Exercise details =
Print the data exactly as it is given, please.

(Stored dataset items)
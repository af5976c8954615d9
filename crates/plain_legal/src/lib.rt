//! Which transcripts are legal, as plain, slow functions: each part of a legal run, the line of a reply, and `legal`,
//! which is all of them.
#![tactic(auto)]

mod asks;
mod causes;
mod legality;
mod line;
mod long;
mod places;
mod run;

pub use asks::{ask_rightly, asked_of};
pub use causes::{have_causes, have_numbers_once};
pub use legality::legal;
pub use line::line_of;
pub use long::are_cut_rightly;
pub use places::{all_calls, are_awaits_right, are_in_order, are_places_once, are_within};
pub use run::{after, are_accepted_in_turn, are_answered};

Your response =
repository af5976c8954615d9
filename crates/plain_legal/src/lib.rt
//! Which transcripts are legal, as plain, slow functions: each part of a legal run, the line of a reply, and `legal`,
//! which is all of them.
#![tactic(auto)]

mod asks;
mod causes;
mod legality;
mod line;
mod long;
mod places;
mod run;

pub use asks::{ask_rightly, asked_of};
pub use causes::{have_causes, have_numbers_once};
pub use legality::legal;
pub use line::line_of;
pub use long::are_cut_rightly;
pub use places::{all_calls, are_awaits_right, are_in_order, are_places_once, are_within};
pub use run::{after, are_accepted_in_turn, are_answered};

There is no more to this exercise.